Friday, September 16, 2005

Eugenics and Population


From:

Population Problems in the United States and Canada: An Outgrowth of Papers Presented at the Eighty-Sixth Annual Meeting of the American Statistical Association, December, 1924


Book by Louis I. Dublin; Houghton Mifflin Company, 1926

CHAPTER XVII

EFFECT OF THE HEALTH MOVEMENT ON FUTURE POPULATION

By SAMUEL J. HOLMES

PROFESSOR OF ZOƖLOGY, UNIVERSITY OF CALIFORNIA

THE ascertainment of the way in which the health movement will probably affect the population of the future is a many-sided problem. It is often assumed that the advancement of medicine and hygiene is bound to cause a certain amount of racial deterioration because the weaklings are thereby kept from being eliminated by natural selection. Mr. A. E. Wiggam, for instance, warns us that medicine and hygiene 'are weakening, will weaken the human breed.' 'Vice and disease,' he tells us, 'purify the race because they kill the weak and vicious. They leave the strong, robust, and virtuous to hand the torch of heredity to men unborn.' Possibly this is true. A priori, it sounds sufficiently reasonable. But it may be only partly true, and there may be counter-tendencies which, even from the standpoint of eugenics, serve to offset some of the racial ills which result from the saving of more lives. At any rate, the conclusion is one which requires careful scrutiny if our acts are to be in any way affected by it.

No one, so far as I am aware, recommends the cessation of medical aid and public health activities on account of their alleged injurious effects upon our racial vigor.
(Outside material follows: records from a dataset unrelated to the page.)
//! The attributes of a name.

ghost use Rattle.std.specs.Prelude.{◌≡◌, ◌+◌, ◌<◌, ◌≤◌, ◌^◌, List, ℕ, length};
ghost use Rattle.x509_der.specs.Element.{element, header};
ghost use Rattle.x509_der.specs.Fields.{Stands};
ghost use Rattle.x509_der.specs.Tally.{Tally};
ghost use Rattle.x509_names.specs.Attributes.{attribute as attributes};
ghost use Rattle.x509_names.specs.declared.attribute_type_and_value.AttributeTypeAndValue.{AttributeTypeAndValue as Attribute};
ghost use Rattle.x509_values.specs.Names.{AttributeTold, NameWithin, PutsSet};

use crate::elements::Elements;
use crate::put::put;
use std::alloc::Allocator;
use x509_fields::Span;
use x509_names::{DirectoryString, Name, laws};

/// Where an attribute of a name stands in an input (RFC 5280, 4.1.2.4).
#[repr(C)]
#[derive(Clone, Copy, Debug, PartialEq, Eq)]
pub struct AttributePlace {
    /// The number of its RelativeDistinguishedName, from 0 on: attributes of one set have the same.
    pub set: usize,
    /// The content of `type OBJECT IDENTIFIER`.
    pub identifier: Span,
    /// The tag of `value`.
    pub tag: u8,
    /// The content of `value`.
    pub value: Span,
}

/// Where an attribute stands, whose fields are given.
fn placed<A: Allocator + Copy>(set: usize, fields: Elements<'_>) -> AttributePlace
    ensures { (v : Attribute A) (n t : ℕ) (slice string : List ℕ) (whole : Tally) → Stands attributes v n slice string whole →
        slice ≡ element t fields.entry.rest → fields.entry.at ≡ n + header fields.entry.rest →
        AttributeTold set string whole v n slice result }
{
    x509_der::laws::spellings_are_lawful::<DirectoryString<A>, A>();
    let mut fields = fields;
    let identifier = fields.take();
    let value = fields.take();
    AttributePlace {
        set,
        identifier: identifier.inside.span(),
        tag: value.tag,
        value: value.inside.span(),
    }
}

/// Writes where the attributes of a set stand, behind as many as were told before, as far as there is room, and answers
/// how many were told by then.
fn put_set<A: Allocator + Copy>(
    number: usize,
    set: Elements<'_>,
    count: usize,
    out: &mut [AttributePlace],
) -> usize
    requires { count + length set.rest < 2 ^ 64 }
    ensures told { PutsSet A number set.entry count out.old out.new result }
    ensures bound { result ≤ count + length set.entry.rest }
{
    let mut attributes = set;
    let mut told = count;
    'attributes: while let Some(attribute) = attributes.next() {
        put(placed::<A>(number, attribute.inside), told, out);
        told += 1;
    }
    told
}

/// Writes where the attributes of the name stand that a span of an input encodes, whatever name it is, in order, as far as
/// the slice has room, and answers how many there are. Takes no memory. Of a span that encodes no name it says nothing.
pub fn attributes_within<A: Allocator + Copy>(
    bytes: &[u8],
    span: Span,
    out: &mut [AttributePlace],
) -> usize
    ensures { NameWithin A bytes.now span out.old out.new result }
{
    x509_der::laws::spellings_are_lawful::<Name<A>, A>();
    let mut name = Elements::over(bytes, span);
    let mut sets = name.take().inside;
    let mut told: usize = 0;
    let mut number: usize = 0;
    'sets: while let Some(set) = sets.next() {
        told = put_set::<A>(number, set.inside, told, out);
        number += 1;
    }
    told
}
Prospects of decadence through the decline of the death-rate are generally cited to impress us with the urgency of eugenic reform. But the chief occasion for alarm from the eugenical standpoint is to be found, I believe, more in the anomalous distribution of birth-rates than in the mere reduction of mortality. After all, it is the differential birth-rate that counts in evolution. It is birth, not death, that leads on to further development, the death of the unfit being favorable to advancement simply because it prevents the unfit from producing inferior progeny. If the unfit were not eliminated, but merely failed to reproduce, the outcome would be very much the same.